> **Task objective**: Give the data again exactly, from its opening line through the line in which "write a number." appears.

(Records contained in a dataset)
▽

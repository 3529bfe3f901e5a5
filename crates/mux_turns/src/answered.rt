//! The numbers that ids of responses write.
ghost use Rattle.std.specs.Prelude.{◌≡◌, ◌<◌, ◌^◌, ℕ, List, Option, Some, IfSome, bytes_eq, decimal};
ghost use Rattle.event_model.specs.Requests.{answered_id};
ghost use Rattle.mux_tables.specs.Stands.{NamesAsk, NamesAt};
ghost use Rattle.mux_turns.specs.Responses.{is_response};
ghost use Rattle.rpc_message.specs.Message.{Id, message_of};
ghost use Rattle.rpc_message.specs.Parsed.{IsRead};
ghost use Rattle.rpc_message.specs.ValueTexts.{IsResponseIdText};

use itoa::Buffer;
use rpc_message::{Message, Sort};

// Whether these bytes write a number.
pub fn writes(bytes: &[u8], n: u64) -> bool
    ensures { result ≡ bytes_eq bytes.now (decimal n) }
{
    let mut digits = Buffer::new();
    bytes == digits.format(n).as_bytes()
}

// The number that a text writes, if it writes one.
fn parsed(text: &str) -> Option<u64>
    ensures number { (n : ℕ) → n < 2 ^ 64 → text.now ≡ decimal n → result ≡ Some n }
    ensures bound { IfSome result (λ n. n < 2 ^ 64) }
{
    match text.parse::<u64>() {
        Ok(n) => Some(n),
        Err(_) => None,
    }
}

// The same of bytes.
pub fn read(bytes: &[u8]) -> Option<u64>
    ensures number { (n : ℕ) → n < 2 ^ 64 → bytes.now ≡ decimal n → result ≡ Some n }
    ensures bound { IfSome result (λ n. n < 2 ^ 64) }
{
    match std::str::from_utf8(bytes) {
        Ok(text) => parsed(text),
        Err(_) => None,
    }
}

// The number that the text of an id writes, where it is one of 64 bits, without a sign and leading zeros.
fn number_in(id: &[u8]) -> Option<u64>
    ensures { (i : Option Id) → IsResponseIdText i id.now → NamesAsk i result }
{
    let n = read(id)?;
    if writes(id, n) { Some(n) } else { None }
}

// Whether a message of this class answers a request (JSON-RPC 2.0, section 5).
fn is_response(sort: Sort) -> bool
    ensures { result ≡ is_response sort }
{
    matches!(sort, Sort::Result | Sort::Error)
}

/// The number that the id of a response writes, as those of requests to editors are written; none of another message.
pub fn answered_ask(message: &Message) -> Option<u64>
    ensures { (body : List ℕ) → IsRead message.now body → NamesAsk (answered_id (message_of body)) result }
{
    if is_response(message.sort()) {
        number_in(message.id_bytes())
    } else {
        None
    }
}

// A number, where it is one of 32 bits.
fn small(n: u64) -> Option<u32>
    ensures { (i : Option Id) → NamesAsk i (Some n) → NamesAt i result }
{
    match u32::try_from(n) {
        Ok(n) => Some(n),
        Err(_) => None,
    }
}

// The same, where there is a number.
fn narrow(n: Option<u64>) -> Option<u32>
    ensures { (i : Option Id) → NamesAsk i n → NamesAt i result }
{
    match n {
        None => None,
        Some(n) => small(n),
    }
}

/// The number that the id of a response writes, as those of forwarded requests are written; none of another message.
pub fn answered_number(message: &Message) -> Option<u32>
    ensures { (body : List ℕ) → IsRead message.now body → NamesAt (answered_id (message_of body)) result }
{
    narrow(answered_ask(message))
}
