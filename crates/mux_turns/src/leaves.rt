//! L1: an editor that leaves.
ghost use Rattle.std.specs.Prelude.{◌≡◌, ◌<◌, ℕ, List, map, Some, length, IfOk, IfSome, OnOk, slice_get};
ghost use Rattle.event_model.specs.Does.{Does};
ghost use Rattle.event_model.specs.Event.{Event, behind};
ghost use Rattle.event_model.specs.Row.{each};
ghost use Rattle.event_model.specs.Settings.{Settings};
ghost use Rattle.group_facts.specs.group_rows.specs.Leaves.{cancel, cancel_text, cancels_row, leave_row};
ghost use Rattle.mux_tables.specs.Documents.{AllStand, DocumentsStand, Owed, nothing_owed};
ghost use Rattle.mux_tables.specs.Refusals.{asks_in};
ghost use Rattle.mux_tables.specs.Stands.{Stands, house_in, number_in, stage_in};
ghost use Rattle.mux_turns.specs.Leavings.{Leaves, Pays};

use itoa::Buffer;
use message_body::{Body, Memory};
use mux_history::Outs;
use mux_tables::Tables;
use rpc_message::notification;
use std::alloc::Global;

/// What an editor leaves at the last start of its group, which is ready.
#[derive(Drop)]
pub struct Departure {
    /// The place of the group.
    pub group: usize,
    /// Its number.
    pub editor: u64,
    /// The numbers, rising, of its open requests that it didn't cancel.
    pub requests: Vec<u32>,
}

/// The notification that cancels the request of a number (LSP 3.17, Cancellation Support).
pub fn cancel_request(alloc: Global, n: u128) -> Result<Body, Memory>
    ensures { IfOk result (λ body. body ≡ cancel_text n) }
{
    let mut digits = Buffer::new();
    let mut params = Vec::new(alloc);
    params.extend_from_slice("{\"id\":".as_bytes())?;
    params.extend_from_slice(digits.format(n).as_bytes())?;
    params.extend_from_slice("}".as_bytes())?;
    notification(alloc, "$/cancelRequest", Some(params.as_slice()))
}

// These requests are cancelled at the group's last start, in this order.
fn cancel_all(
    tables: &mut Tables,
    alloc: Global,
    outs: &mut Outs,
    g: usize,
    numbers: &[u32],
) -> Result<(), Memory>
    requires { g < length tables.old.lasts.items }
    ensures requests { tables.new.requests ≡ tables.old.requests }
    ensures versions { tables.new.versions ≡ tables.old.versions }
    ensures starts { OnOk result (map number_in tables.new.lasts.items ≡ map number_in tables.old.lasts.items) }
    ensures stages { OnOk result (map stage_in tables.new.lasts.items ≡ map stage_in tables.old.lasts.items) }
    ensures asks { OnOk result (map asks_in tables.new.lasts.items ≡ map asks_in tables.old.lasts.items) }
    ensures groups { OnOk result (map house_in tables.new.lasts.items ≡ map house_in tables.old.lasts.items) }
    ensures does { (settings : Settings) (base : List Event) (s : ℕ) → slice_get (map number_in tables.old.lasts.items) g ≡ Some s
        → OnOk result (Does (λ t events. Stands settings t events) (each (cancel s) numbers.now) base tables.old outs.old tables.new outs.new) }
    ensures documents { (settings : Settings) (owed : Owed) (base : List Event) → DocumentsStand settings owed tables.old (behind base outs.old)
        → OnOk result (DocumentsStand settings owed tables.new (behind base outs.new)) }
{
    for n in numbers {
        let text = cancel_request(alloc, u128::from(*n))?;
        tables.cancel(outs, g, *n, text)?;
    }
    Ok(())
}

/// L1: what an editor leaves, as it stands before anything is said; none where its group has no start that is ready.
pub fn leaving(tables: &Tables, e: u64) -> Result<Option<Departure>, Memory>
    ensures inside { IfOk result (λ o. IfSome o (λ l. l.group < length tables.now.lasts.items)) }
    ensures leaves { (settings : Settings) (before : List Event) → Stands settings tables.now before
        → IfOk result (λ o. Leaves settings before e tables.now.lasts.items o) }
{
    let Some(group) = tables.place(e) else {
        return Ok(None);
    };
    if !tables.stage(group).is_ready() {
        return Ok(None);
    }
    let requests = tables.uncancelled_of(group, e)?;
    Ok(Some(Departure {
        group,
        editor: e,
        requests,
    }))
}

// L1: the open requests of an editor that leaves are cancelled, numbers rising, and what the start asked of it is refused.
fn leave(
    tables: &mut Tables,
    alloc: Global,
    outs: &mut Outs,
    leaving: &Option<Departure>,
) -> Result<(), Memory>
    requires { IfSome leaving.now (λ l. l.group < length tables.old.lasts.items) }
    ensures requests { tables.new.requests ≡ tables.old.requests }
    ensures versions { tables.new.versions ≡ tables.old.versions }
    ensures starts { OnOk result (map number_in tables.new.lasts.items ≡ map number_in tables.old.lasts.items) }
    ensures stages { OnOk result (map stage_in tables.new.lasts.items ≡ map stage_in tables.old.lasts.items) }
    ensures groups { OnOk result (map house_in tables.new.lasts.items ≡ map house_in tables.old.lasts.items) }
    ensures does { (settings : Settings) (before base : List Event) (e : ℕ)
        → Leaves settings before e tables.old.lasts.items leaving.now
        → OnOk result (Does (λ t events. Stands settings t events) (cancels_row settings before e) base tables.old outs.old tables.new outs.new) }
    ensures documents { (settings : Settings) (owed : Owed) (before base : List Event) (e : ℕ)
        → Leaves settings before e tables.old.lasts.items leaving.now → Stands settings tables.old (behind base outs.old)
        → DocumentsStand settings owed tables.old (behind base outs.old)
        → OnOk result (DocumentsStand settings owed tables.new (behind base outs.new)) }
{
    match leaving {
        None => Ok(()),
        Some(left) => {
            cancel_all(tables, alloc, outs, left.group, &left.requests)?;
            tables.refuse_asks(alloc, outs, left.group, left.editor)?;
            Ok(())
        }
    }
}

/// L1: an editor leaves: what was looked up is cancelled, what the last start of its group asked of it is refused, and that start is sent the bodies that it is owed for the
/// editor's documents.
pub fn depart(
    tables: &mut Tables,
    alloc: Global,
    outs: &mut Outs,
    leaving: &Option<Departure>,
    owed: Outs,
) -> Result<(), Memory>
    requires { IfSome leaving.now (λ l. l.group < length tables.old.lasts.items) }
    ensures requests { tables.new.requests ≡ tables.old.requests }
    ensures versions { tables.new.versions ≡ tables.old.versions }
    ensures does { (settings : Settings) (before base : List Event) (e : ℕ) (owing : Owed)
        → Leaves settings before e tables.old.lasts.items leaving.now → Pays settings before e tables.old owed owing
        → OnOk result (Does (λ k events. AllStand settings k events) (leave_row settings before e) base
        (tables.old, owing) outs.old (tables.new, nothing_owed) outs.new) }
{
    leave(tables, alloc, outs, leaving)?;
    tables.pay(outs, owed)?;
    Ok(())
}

△

> **Response box**:
repository 3529bfe3f901e5a5
filename crates/mux_turns/src/answered.rt
//! The numbers that ids of responses write.
ghost use Rattle.std.specs.Prelude.{◌≡◌, ◌<◌, ◌^◌, ℕ, List, Option, Some, IfSome, bytes_eq, decimal};
ghost use Rattle.event_model.specs.Requests.{answered_id};
ghost use Rattle.mux_tables.specs.Stands.{NamesAsk, NamesAt};
ghost use Rattle.mux_turns.specs.Responses.{is_response};
ghost use Rattle.rpc_message.specs.Message.{Id, message_of};
ghost use Rattle.rpc_message.specs.Parsed.{IsRead};
ghost use Rattle.rpc_message.specs.ValueTexts.{IsResponseIdText};

use itoa::Buffer;
use rpc_message::{Message, Sort};

// Whether these bytes write a number.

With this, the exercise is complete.